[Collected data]
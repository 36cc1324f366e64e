// The copies that are marked and numbered, those that a build found, and the edge records of one of them. Below the public calls.
// Rests on graph_row, cells, number, put_words.
#![tactic(auto)]

ghost use Rattle.std.specs.Prelude.{◌≡◌, false, List, ℕ, ◌+◌, ◌-◌, ◌*◌, ◌<◌, ◌≤◌, length};
ghost use Rattle.base.specs.Copy.{copy_of};
ghost use Rattle.base.specs.Lists.{is_none, last_of};
ghost use Rattle.theory.specs.Completions.{low_of};
ghost use Rattle.theory.specs.Tasks.{copies_in};
ghost use Rattle.theory.specs.Copies.{copy_for, target_number};
ghost use Rattle.formats.specs.Limits.{most_bounded_edges, word_limit};
ghost use Rattle.formats.specs.Versions.{Claimed};
ghost use Rattle.formats.specs.BoundedSheet.{first_edge, edge_records};
ghost use Rattle.calls.specs.SheetGraph.{row_of};
ghost use Rattle.tables.specs.Tables.{marked_copies, Numbers};
ghost use Rattle.tables.specs.Rows.{edges_of};
ghost use Rattle.graph_row.specs.GraphRow.{blocks_in, graph_in, task_in};
ghost use Rattle.put_words.specs.Put.{put_words};
ghost use Rattle.chain_records.specs.Marked.{Marked};

use cells::Layout;
use graph_row::Graph;
use number::number_of;
use put_words::put_two;

/// A graph with marked copies, each of them numbered. No budgets belong to it: which copies are marked is not said.
#[derive(Clone, Copy, Debug)]
pub struct Numbered<'a> {
    pub graph: Graph<'a>,
    pub layout: Layout,
    pub marks: &'a [u8],
    pub numbers: &'a [u16],
    pub ghost blocks: { layout.blocks ≡ blocks_in graph.row.now },
    pub ghost marked: { Marked (graph_in graph.row.now) layout.blocks layout.budget marks.now },
    pub ghost numbered: { Numbers (low_of (graph_in graph.row.now)) layout.blocks layout.budget marks.now numbers.now },
}

/// The copies of a graph within some budgets, of which the layout's is the largest: all are marked and numbered, and their edges are few.
#[derive(Clone, Copy, Debug)]
pub struct Found<'a> {
    pub numbered: Numbered<'a>,
    pub budgets: &'a [u16],
    pub copies: usize,
    pub edges: usize,
    pub ghost claimed: { Claimed budgets.now × (numbered.layout.budget ≡ last_of budgets.now)
        × (is_none (low_of (graph_in numbered.graph.row.now) 1 numbered.layout.budget) ≡ false) },
    pub ghost whole: { marked_copies numbered.layout.blocks numbered.layout.budget numbered.marks.now
        ≡ copies_in (task_in numbered.graph.row.now budgets.now numbered.layout.budget) },
    pub ghost copies_counted: { copies ≡ length (marked_copies numbered.layout.blocks numbered.layout.budget numbered.marks.now) },
    pub ghost edges_counted: { (edges ≡ edges_of (graph_in numbered.graph.row.now) (marked_copies numbered.layout.blocks numbered.layout.budget numbered.marks.now))
        × (edges ≤ most_bounded_edges) },
}

impl<'a> Numbered<'a> {
    ghost use Rattle.chain_records.specs.Founds.{graph_of, copies_of};

    /// The number of the copy that serves so many cycles in a block, 0 where none does.
    pub fn number(&self, block: usize, cycles: usize) -> usize
        requires { (1 ≤ block) × (block ≤ self.now.layout.blocks) × (cycles ≤ self.now.layout.budget) }
        ensures value { result ≡ target_number (copies_of self.now) (copy_for (graph_of self.now) cycles block) }
        ensures limit { result < word_limit }
    {
        number_of(self.marks, self.numbers, self.layout, block, cycles)
    }

    /// Puts the edge records of a copy, its edges numbered from `first`; they stand from the word `at` on, so that edge e stands at
    /// `at` + 2 × (e − 1). The number behind its last edge.
    pub fn write_chain(
        &self,
        output: &mut [u16],
        at: usize,
        block: usize,
        low: usize,
        first: usize,
    ) -> usize
        requires copy { (1 ≤ block) × (block ≤ self.now.layout.blocks) × ((graph_of self.now).cost block ≤ low) × (low ≤ self.now.layout.budget) }
        requires first { (1 ≤ first) × (first + length ((graph_of self.now).next block) < word_limit) }
        requires room { at + 2 * (first + length ((graph_of self.now).next block)) ≤ length output.old + 2 }
        ensures value { result ≡ first + length ((graph_of self.now).next block) }
        ensures out_after { output.new ≡ put_words output.old (at + 2 * (first - 1))
            (edge_records first (row_of (graph_of self.now) (copies_of self.now) (copy_of block low)).target_words) }
    {
        let cycles = low - self.graph.cost(block);
        let targets = self.graph.successors(block);
        let behind = first + targets.len();
        let mut edge = first;
        for &target in targets {
            let number = self.number(target as usize, cycles);
            edge += 1;
            let next = first_edge(edge, behind - edge);
            put_two(output, at + 2 * (edge - 2), number, next);
        }
        behind
    }
}

/// The number of the first of so many edges that are numbered from `edge`, 0 where there is none.
pub fn first_edge(edge: usize, count: usize) -> usize
    ensures { (result ≤ edge) × ((targets : List ℕ) → length targets ≡ count → result ≡ first_edge edge targets) }
{
    if count == 0 {
        return 0;
    }
    edge
}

• _PROMPT_
Using the data above, return every line that contains the string "cycles".

• _PROBLEM SOLUTION_
    /// The number of the copy that serves so many cycles in a block, 0 where none does.
    pub fn number(&self, block: usize, cycles: usize) -> usize
        requires { (1 ≤ block) × (block ≤ self.now.layout.blocks) × (cycles ≤ self.now.layout.budget) }
        ensures value { result ≡ target_number (copies_of self.now) (copy_for (graph_of self.now) cycles block) }
        number_of(self.marks, self.numbers, self.layout, block, cycles)
        let cycles = low - self.graph.cost(block);
            let number = self.number(target as usize, cycles);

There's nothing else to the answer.